- Born: April 3, 1927 Port Henry, New York
- Died: October 18, 2018 (aged 91) Los Angeles, California
- Education: University of California, Berkeley (PhD);
- Known for: Theoretical condensed matter
- Spouse: Geulah Abrahams
- Children: David; Jonathan Abrahams;
- Awards: 2019 Oliver E. Buckley Condensed Matter Physics Prize
- Scientific career
- Fields: Condensed matter physics;
- Institutions: University of Illinois, Urbana-Champaign; Rutgers University; UCLA;
- Doctoral advisor: Charles Kittel

= Elihu Abrahams =

American theoretical physicist (1927–2018)

Elihu Abrahams (April 3, 1927 – October 18, 2018) was an American theoretical physicist, specializing in condensed matter physics.

Abrahams attended Brooklyn Technical High School, graduating in 1944. In 1947, Abrahams received his bachelor's degree and in 1952 his PhD, with Charles Kittel as thesis advisor, from the University of California, Berkeley with thesis Spin-lattice relaxation in ferromagnetics.

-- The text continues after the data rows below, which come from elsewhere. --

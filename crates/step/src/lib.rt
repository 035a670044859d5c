// The step of a circuit (01, "The game").
#![tactic(auto)]

mod truths;

ghost use Rattle.std.specs.Prelude.{◌≡◌};
ghost use Rattle.circuit.specs.Stored.{meant, meant_lent};
ghost use Rattle.step.specs.Step.{step as step_of};

use circuit::{Circuit, Lent};
use truths::Values;

// What the uncontrollable and the controllable inputs say; taken apart only in a step, and where a move is made.
#[derive(Clone, Copy, Debug, PartialEq, Eq)]
pub struct Reading(pub u8);

#[derive(Clone, Copy, Debug, PartialEq, Eq)]
pub struct Control(pub u8);

// What a step gives: the error, before the latches move, and the next state.
#[derive(Clone, Copy, Debug, PartialEq, Eq)]
pub struct Stepped {
    pub error: bool,
    pub next: u16,
}

// A step of a circuit. Bits of state, reading and control above the circuit's counts aren't read.
pub fn step(c: Circuit, state: u16, reading: Reading, control: Control) -> Stepped
    ensures { result ≡ step_of (meant c) state reading.0 control.0 }
{
    step_lent(c.lent(), state, reading, control)
}

// A step over lent arrays: bits of state, reading and control above the circuit's counts aren't read. Here a reading and a control
// are taken apart.
#[tactic(auto, using(crate::proofs::Laws::Step::step_is))]
pub fn step_lent(circuit: Lent<'_>, state: u16, reading: Reading, control: Control) -> Stepped
    ensures { result ≡ step_of (meant_lent circuit.entry) state reading.0 control.0 }
{
    let mut values = Values::none();
    values.put_inputs(circuit, reading.0, control.0);
    values.put_latches(circuit, state);
    values.put_gates(circuit);
    Stepped {
        error: values.value(circuit.output),
        next: values.next_state(circuit),
    }
}
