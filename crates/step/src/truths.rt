// The truth of each variable in a step (01, "The file", rules 3 and 4), and what it says of literals. Literals are as lists store them: one
// that is too large counts as 0.
ghost use Rattle.std.specs.Prelude.{false, ◌≡◌};
ghost use Rattle.circuit.specs.Literal.{variable};
ghost use Rattle.circuit.specs.Stored.{literal_of, meant_lent};
ghost use Rattle.step.specs.NextIn.{next_in};
ghost use Rattle.step.specs.Truths.{truths};
ghost use Rattle.step.specs.Value.{literal_value, put, with_inputs, with_latches, with_gates};

use below::{filled, front, get_or};
use bits::bytes::{byte_bit, put_bit};
use circuit::stored::{is_controllable, latches_of, literal};
use circuit::{Circuit, Lent};

// A bit for each variable, eight to the byte.
#[derive(Drop)]
pub(crate) struct Values {
    bytes: [u8; Values::BYTES],
}

impl Values {
    const BYTES: usize = (Circuit::VALUES + 7) / 8;

    // Each variable false.
    pub(crate) fn none() -> Values
        ensures { truths result.bytes ≡ (λ v. false) }
    {
        Values { bytes: filled(0) }
    }

    #[tactic(auto, using(crate::proofs::Laws::Value::inputs_put), unfolding(bits::specs::Bit::odd))]
    pub(crate) fn put_inputs(&mut self, circuit: Lent<'_>, mut reading: u8, mut control: u8)
        ensures { truths self.new.bytes
            ≡ with_inputs (meant_lent circuit.entry).inputs reading control (truths self.old.bytes) }
    {
        for (i, input) in circuit.input.iter().enumerate() {
            if is_controllable(circuit.controllable, i) {
                self.put(*input, control % 2 == 1);
                control /= 2;
            } else {
                self.put(*input, reading % 2 == 1);
                reading /= 2;
            }
        }
    }

    #[tactic(auto, using(crate::proofs::Laws::Value::latches_put), unfolding(bits::specs::Bit::odd))]
    pub(crate) fn put_latches(&mut self, circuit: Lent<'_>, mut state: u16)
        ensures { truths self.new.bytes ≡ with_latches (meant_lent circuit.entry).latches state (truths self.old.bytes) }
    {
        for latch in front(circuit.latch, Circuit::LATCHES) {
            self.put(*latch, state % 2 == 1);
            state /= 2;
        }
    }

    #[tactic(auto, using(crate::proofs::Laws::Value::gates_put))]
    pub(crate) fn put_gates(&mut self, circuit: Lent<'_>)
        ensures { truths self.new.bytes ≡ with_gates (meant_lent circuit.entry).gates (truths self.old.bytes) }
    {
        for (i, gate) in circuit.gate.iter().enumerate() {
            let both = self.value(get_or(circuit.left, i, 0))
                && self.value(get_or(circuit.right, i, 0));
            self.put(*gate, both);
        }
    }

    // The next state, from its highest bit down.
    #[tactic(auto, using(crate::proofs::Laws::NextIn::bits_from_top))]
    pub(crate) fn next_state(&self, circuit: Lent<'_>) -> u16
        ensures { result ≡ next_in (truths self.now.bytes) (meant_lent circuit.entry).latches }
    {
        let mut state = 0;
        for i in (0..latches_of(circuit.latch.len())).rev() {
            state = 2 * state + u16::from(self.value(get_or(circuit.next, i, 0)));
        }
        state
    }

    // The truth of a literal.
    #[tactic(auto, using(crate::proofs::Laws::Value::literals_told), unfolding(bits::specs::Bit::odd, crate::specs::Truths::truths))]
    pub(crate) fn value(&self, stored: u16) -> bool
        ensures { result ≡ literal_value (truths self.now.bytes) (literal_of stored) }
    {
        let l = literal(stored);
        let inverted = l % 2 == 1;
        if l < 2 {
            inverted
        } else {
            byte_bit(&self.bytes, usize::from(l / 2)) != inverted
        }
    }

    // Puts a truth at the variable of a literal.
    #[tactic(auto, using(crate::proofs::Laws::Truths::bit_put))]
    fn put(&mut self, stored: u16, truth: bool)
        ensures { truths self.new.bytes ≡ put (variable (literal_of stored)) truth (truths self.old.bytes) }
    {
        put_bit(&mut self.bytes, usize::from(literal(stored) / 2), truth);
    }
}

From 1952 to 1953, he was a research associate in physics at UC Berkeley. He was in 1953–1955 a research associate and in 1955–1956 an assistant professor at the University of Illinois, Urbana-Champaign. In 1956, he became an assistant professor, then an associate professor, and in 1964 a full professor at Rutgers University.

From 1979 to 1983, he was the president of the Aspen Center for Physics.

In 1979, Abrahams, Philip W. Anderson, Donald Licciardello, and T.V. Ramakrishnan published the highly influential paper "Scaling Theory of Localization: Absence of Quantum Diffusion in Two Dimensions" in Physical Review Letters 42. Often referred to as the "gang of four paper" in physics circles, the authors proposed new, precise predictions about the behavior of electrons in disordered materials. In 2003, the American Physical Society named it among the top-ten most often cited papers published in the Physical Review.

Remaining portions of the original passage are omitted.